在夏日里从水管中冒出来的半冷不冷的水,流过头发,流过脸,流过脖子,穿过从碎石之间长出的杂草,哗啦哗啦地冲到碎石上散开。



这个宽敞的庭院原本应该是一片草坪,如今杂草丛生。



从撤出旁边走出来的白野苍衣来到这个这个庭院的角落,将脑袋伸到水龙头下面,一声不吭地冲着水。



哗啦哗啦哗啦……



太阳已经下山,天空黑暗淤滞。



苍衣跪坐水龙头下面铺着的沙地上,头放在水龙头下面,精疲力竭地不断冲着水。



除了隔得有些远的房子那边从窗户照过来的微微灯光之外,庭院里再无任何照明。



在夜幕降临的寂静庭院中,只有哗啦哗啦的水声漫无止境地响着。



「………………」



苍衣不停地淋着水,衬衫的肩膀和裤腿,全都湿透了。



流水在衣服表面撑起水膜,布料沉重地贴在皮肤上。苍衣一边感受着这些,一边像具尸体似的一动不动地任凭身体被水冲刷。



从流下的水中,传出微弱的呼吸。



只有这气息能够勉强证明处于这种状态的苍衣还活着。



要不是这样,苍衣说不定就以为自己已经死了。不对,反倒是死了的话,说不定就不用去感觉任何东西了。



苍衣在潜意识中,懵懵懂懂地思考着这些东西。



他仍旧像具尸体一样,没有抵抗,任凭流水流过自己的表面。



因为,要不这样的话————就会回想起渗进全身的,那个腐烂尸体的臭味。



穿在苍衣身上的这身衣服现在完全湿透,然而就在不久前遭遇的可怕事情中,人类尸体腐败溃烂之后的东西所散发的臭味,完全渗透进了衣服纤维的内部。



那股可怕的腐臭,直接贯穿鼻孔内部,直达喉咙深处。



尽管现在通过往全身淋水得到了抑制,但那个味道是绝对无法根除掉的,而最关键的是,无法将它从记忆中消除掉。



无法从鼻腔与口腔里,真正的消除掉。



苍衣再一次不经意间想起了这个不愿去思考的事实————这个样子已经好几次了,又感觉到一阵反胃,胃里的东西要挤出来似的,两腮鼓了起来。



「…………………………!!」



但他胃里面的东西早就吐干净了,鼓起腮下只有酸涩的空气。



「……!……哈、哈啊、哈啊、哈啊……!」



苍衣在水管下面渐渐滑到地上,撑在砂砾上气喘吁吁。



手无意识地抓紧了打湿的碎石。



反胃的感觉让他难以呼吸。胃里和胸口很难受,就好像以胃为中心的内脏烂掉了一样。



苍衣胃里的东西,还有记忆中的东西,都被腐肉、腐水和蛆虫慢慢侵蚀。苍衣因为眼前仓库里发生的〈泡祸〉,看到了惨绝人寰的情景,而他的五感都在强迫之下感受到了那一切。

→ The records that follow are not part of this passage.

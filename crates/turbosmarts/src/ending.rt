ghost use Rattle.std.specs.Prelude.{◌≡◌, ◌≤◌, take};
ghost use Rattle.turbosmarts.specs.Ending.{end_line};

use smarts_text::{Status, exit_text, fault_text};

/// How a program exited.
#[derive(Clone, Copy, Debug, PartialEq, Eq)]
pub struct Exit {
    pub code: u32,
    /// How many instructions it ran, the exit counted.
    pub length: u64,
}

/// How a call of the program ended.
#[derive(Clone, Copy, Debug, PartialEq, Eq)]
pub struct End {
    pub status: Status,
    /// How the program exited that was run, where a run is done.
    pub exit: Option<Exit>,
}

impl End {
    /// An end of which nothing is told but its fault.
    pub fn of(status: Status) -> End
        ensures status { result.status ≡ status }
        ensures exit { result.exit ≡ None }
    {
        End { status, exit: None }
    }

    /// Writes what is told of the end to the front of `out`, and answers its length.
    pub fn text(&self, out: &mut [u8; 64]) -> usize
        ensures length { result ≤ 64 }
        ensures text { take result out.new ≡ end_line self.now.status self.now.exit }
    {
        match &self.exit {
            Some(exit) => exit_text(exit.code, exit.length, out),
            None => fault_text(&self.status, out),
        }
    }
}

他的视觉感受到了腐烂的少女尸体,听觉感受到了蛆蠕动的声音。



嗅觉、触觉,然后————还有味觉,整个身体都被迫感受到了沟口家仓库里那具叶耶的尸体。于是,苍衣想了起来。



没错,想了起来。



那一幕,根本不是〈噩梦〉。



不,那本身无疑是〈泡祸〉,但事情并不是那样。那一幕————并不是因〈泡祸〉凭空变出来的架空的噩梦的情景,而是苍衣以前亲眼见过的,过去真实发生过的现实情景。



小时候的苍衣正是在那个地方,看到了那个。



那是婶婶————叶耶的母亲当时在那个仓库地上挖出的洞里,骑在叶耶腐坏的尸体上,勒住尸体脖子的情景。



尸体脖子上完全腐败的肉陷进她的指甲里,她都毫不在乎。



大量的蛆爬满她的手臂和身体,爬上她的脸,爬到她嘴里,她都毫不在乎,念念有词地诅咒着,谩骂着。



————这才是,真相。



年幼的苍衣在那个时候,确实和年幼的少女一起,亲眼目睹了那一幕。



而那段记忆,被尘封起来了。苍衣不止尘封了那段记忆,还进行了扭曲,就连随着〈断章〉一并回想起来的记忆,都是被扭曲之后的记忆。



在扭曲之后的记忆中,叶耶是苍衣杀掉的。



为什么会产生那样一段记忆?



现在的苍衣,隐约能够明白那段扭曲记忆所产生的来龙去脉。



回想起一切的苍衣,半是出于本能地理解到,因为自己回想起了从前,认为叶耶是因为被自己抛弃才会变质腐烂的,所以才会产生那段记忆。



那是苍衣将那起事件的心灵创伤结晶后的产物。



是将当时自己的恐惧,



是将所受的打击,



是将负罪感,



将后悔——



结晶后的产物。



年幼的苍衣所感觉到的那些东西,和幼时的记忆相互混合。然后,被尘封内心深处不断融化变质,最后变成了那段情景,变成了那段记忆。



年幼而苍衣看到洞里面————面目全非的叶耶时,理解了,并觉得。



那一切,都是自己害的。



他看到面目全非的叶耶,认为就是因为自己的那句「改变吧」害的。



苍衣身为叶耶唯一的朋友,身为最理解最接近叶耶的人,对叶耶来说也是唯一的支柱。苍衣明明知道自己是这样的存在,明明理解叶耶的想法,最后演变成的形式,还是拒绝。苍衣当时觉得,这是自己害的。



都是因为自己背叛了她。



都是因为自己抛弃了她。



于是,苍衣陷入了强烈的自责、负罪感、后悔、悲伤之中。



与这份心灵创伤相等的无数黑色感情,在被尘封的记忆底层熬干,并创造了那一幕,创造出了那段记忆。



然后,还穿造出了这个〈断章〉。



————苍衣。



「………………」



苍衣的视线落在地面上,脑袋在水龙头放出的水中不停地淋着。一双穿着白色靴子的女孩的脚,悄无声息地出现在苍衣的视野一头。



————苍衣,欢迎回来。



「……………………………………………………」



苍衣在朦胧的头脑中,听到了叶耶的声音,感觉就像在梦里一样,缺乏现实感。



苍衣专心去感受从头到脸滑落的水的触感,就要溺水一样进行呼吸,不去感受『能够听到』和『能够看到』的东西,拼命地让自己平静下来,保持自我。



被水冲得哗啦哗啦响的碎石地面,忽然变成了干燥而充满尘埃的,腐朽的混凝土地面。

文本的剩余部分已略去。